National Association of Shinto Priests
- Successor: Association of Shinto Shrines
- Formation: 1889
- Parent organization: Office of Japanese Classics Research

= National Association of Shinto Priests =

Japanese Shinto religious association

The National Association of Shinto Priests (全国神職会, Zenkoku Shinshokukai) was a Japanese religious association that promoted the prosperity of Shinto shrines and the improvement and development of the Shinto priesthood. It was founded in 1898 to expound the Kokutai ideology. It was dissolved in 1946 with the formation of the religious corporation, which became one of the predecessor organizations of the Association of Shinto Shrines.

It was responsible for the distribution of Jingu Taima.
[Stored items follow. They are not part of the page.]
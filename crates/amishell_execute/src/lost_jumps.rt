//! A jump of a script that finds nothing, as its line shows.

use ados_check::label_in;
use ados_items::{first_word, trimmed};
use ados_machine::EndReport;
use ados_resident::Dialect;
use ados_script::{Jump, Script};
use ados_text::{NoMemory, Result2, Text, same_name};
use ados_trace::shown;
use ados_world::World;
use std::alloc::Global;
use std::fmt;

/// A jump that finds nothing.
#[derive(Drop)]
pub enum LostJump {
    /// That of an If whose test fails.
    If,
    /// That of an Else.
    Else,
    /// That of a Skip to this label; it is empty if none is given.
    Skip(Text),
}

impl fmt::Display for LostJump {
    fn fmt<W: fmt::Write>(&self, f: &mut fmt::Formatter<W>) -> fmt::Result {
        match self {
            LostJump::If => f.write_str("If without EndIf"),
            LostJump::Else => f.write_str("Else without EndIf"),
            LostJump::Skip(label) if label.as_bytes().is_empty() => f.write_str("no Lab"),
            LostJump::Skip(label) => {
                f.write_str("no Lab ")?;
                f.write_str(shown(label))
            }
        }
    }
}

/// The jump that ended a script, if that is what the last line did, and what the shell's last command returned.
pub fn lost_jump(
    alloc: Global,
    world: &World,
    report: &EndReport,
    script: &Script,
) -> Result<Option<LostJump>, NoMemory> {
    let codes = world.codes(report.shell);
    if report.broken || report.code.0 != 20 || codes.result2 != Result2::OBJECT_NOT_FOUND {
        return Ok(None);
    }
    jump_at(alloc, world.dialect(), script, report.last_line)
}

// The jump of a line that finds nothing. Whether a Skip finds its Lab shows only once its label is read.
fn jump_at(
    alloc: Global,
    dialect: Dialect,
    script: &Script,
    number: usize,
) -> Result<Option<LostJump>, NoMemory> {
    let Some(line) = script.line(number) else {
        return Ok(None);
    };
    let word = first_word(trimmed(line.as_bytes()));
    Ok(if same_name(word, b"If") && script.after_if(number) == Jump::None {
        Some(LostJump::If)
    } else if same_name(word, b"Else") && script.after_else(number) == Jump::None {
        Some(LostJump::Else)
    } else if same_name(word, b"Skip") {
        Some(LostJump::Skip(label_in(alloc, dialect, line)?))
    } else {
        None
    })
}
The Association of Shinto Shrines is considered its successor organization post WWII.

== Outline ==
The members were about 15,000 Shinkan priests who serve at Ise Grand Shrine, Modern system of ranked Shinto shrines and other shrines in Japan.
In addition, other officials related to shrine administration, academics, and those who have rendered distinguished service to the Society are nominated as honorary members or special members.
The office was located in Office of Japanese Classics Research (Iidacho, Kojimachi-ku; Wakagi-cho, Shibuya-ku since 1923), but in 1932, through the efforts of Chairman Sen'yuki Egi and others, it was relocated to Tokyo City Shibuya Ward, and moved there.
There were 15 directors (including 1 president and 2 vice-presidents) and 3 auditors, and the councilors, who were the voting body, were from each of the prefectures, Korea, Taiwan, Sakhalin, and Kwantung Leased Territory.
Its activities include research and study of matters related to shrines, educational facilities necessary for the cultivation of the concept of kokutai and the idea of respect for the gods, training of priests, awards, mutual aid, etc. Its journal is "Zenkoku Shinkyo Kaiho", later renamed "Kohoku", and later renamed "Kohoku Jiho" (published on a seasonal basis).

== History ==
The Shinkan Doshikai, a federation of Shinto priests, was formed in 1889 as a result of public opinion for the restoration of the Shinto priesthood, and in a series of movements, the Shinkan Doshikai was organized in 1898. In 1889, a federation of Shinto priests, the National Association of Shinto Priests, was formed in response to public opinion for the revival of the Shinto priesthood.
Since then, efforts have been made to establish special government offices mainly for the Shinto gods, and to maintain the Office of Japanese Classics Research.
Subsequently, a fund was built up with contributions from local priesthood organizations and leading shrines, and in 1926, the foundation was established.
In 1930, a proposal was made to construct a hall, and with the help of donations from philanthropists, the construction of the hall was begun in 1931. On February 11, 1932, it received a special gift on the occasion of Kiwansei Season.